Your objective |
Each entry must appear again exactly as it does in the source.

Data for analysis |
--- START ---

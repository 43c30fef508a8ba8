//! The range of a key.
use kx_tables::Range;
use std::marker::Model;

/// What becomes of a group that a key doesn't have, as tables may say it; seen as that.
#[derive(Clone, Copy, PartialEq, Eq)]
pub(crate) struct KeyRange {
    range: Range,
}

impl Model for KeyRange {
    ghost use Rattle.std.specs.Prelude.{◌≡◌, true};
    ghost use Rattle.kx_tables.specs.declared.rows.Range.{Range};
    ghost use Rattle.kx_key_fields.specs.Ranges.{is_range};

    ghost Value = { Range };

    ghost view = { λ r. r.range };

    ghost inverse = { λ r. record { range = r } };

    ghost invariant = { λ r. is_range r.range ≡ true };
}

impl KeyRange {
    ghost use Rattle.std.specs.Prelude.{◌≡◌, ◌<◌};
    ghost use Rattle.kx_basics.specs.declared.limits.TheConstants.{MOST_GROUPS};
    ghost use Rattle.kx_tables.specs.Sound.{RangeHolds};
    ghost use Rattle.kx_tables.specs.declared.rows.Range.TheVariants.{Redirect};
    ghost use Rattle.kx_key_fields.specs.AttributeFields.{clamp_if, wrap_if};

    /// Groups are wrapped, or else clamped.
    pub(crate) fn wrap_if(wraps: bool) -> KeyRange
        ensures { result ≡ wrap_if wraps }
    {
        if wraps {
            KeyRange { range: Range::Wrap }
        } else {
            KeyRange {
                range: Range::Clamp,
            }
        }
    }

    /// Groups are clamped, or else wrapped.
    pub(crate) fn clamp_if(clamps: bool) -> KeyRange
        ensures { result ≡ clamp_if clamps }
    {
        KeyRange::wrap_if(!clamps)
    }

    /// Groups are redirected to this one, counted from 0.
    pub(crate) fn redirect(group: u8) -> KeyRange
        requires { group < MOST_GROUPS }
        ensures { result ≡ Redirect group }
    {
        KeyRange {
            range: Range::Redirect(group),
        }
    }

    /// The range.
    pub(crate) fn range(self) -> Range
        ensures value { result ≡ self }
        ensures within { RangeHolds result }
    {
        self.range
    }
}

--- END ---

Exercise result |
repository 43c30fef508a8ba8
//! The range of a key.
use kx_tables::Range;
use std::marker::Model;

/// What becomes of a group that a key doesn't have, as tables may say it; seen as that.
#[derive(Clone, Copy, PartialEq, Eq)]
pub(crate) struct KeyRange {
    range: Range,
}

impl Model for KeyRange {
    ghost use Rattle.std.specs.Prelude.{◌≡◌, true};
    ghost use Rattle.kx_tables.specs.declared.rows.Range.{Range};
    ghost use Rattle.kx_key_fields.specs.Ranges.{is_range};

    ghost Value = { Range };

    ghost view = { λ r. r.range };

    ghost inverse = { λ r. record { range = r } };

    ghost invariant = { λ r. is_range r.range ≡ true };
}

impl KeyRange {
    ghost use Rattle.std.specs.Prelude.{◌≡◌, ◌<◌};
    ghost use Rattle.kx_basics.specs.declared.limits.TheConstants.{MOST_GROUPS};
    ghost use Rattle.kx_tables.specs.Sound.{RangeHolds};
    ghost use Rattle.kx_tables.specs.declared.rows.Range.TheVariants.{Redirect};
    ghost use Rattle.kx_key_fields.specs.AttributeFields.{clamp_if, wrap_if};

    /// Groups are wrapped, or else clamped.
    pub(crate) fn wrap_if(wraps: bool) -> KeyRange
        ensures { result ≡ wrap_if wraps }
    {
        if wraps {
            KeyRange { range: Range::Wrap }
        } else {
            KeyRange {
                range: Range::Clamp,
            }
        }
    }

    /// Groups are clamped, or else wrapped.
    pub(crate) fn clamp_if(clamps: bool) -> KeyRange
        ensures { result ≡ clamp_if clamps }
    {
        KeyRange::wrap_if(!clamps)
    }

    /// Groups are redirected to this one, counted from 0.
    pub(crate) fn redirect(group: u8) -> KeyRange
        requires { group < MOST_GROUPS }
        ensures { result ≡ Redirect group }
    {
        KeyRange {
            range: Range::Redirect(group),
        }
    }

    /// The range.
    pub(crate) fn range(self) -> Range
        ensures value { result ≡ self }
        ensures within { RangeHolds result }
    {
        self.range
    }
}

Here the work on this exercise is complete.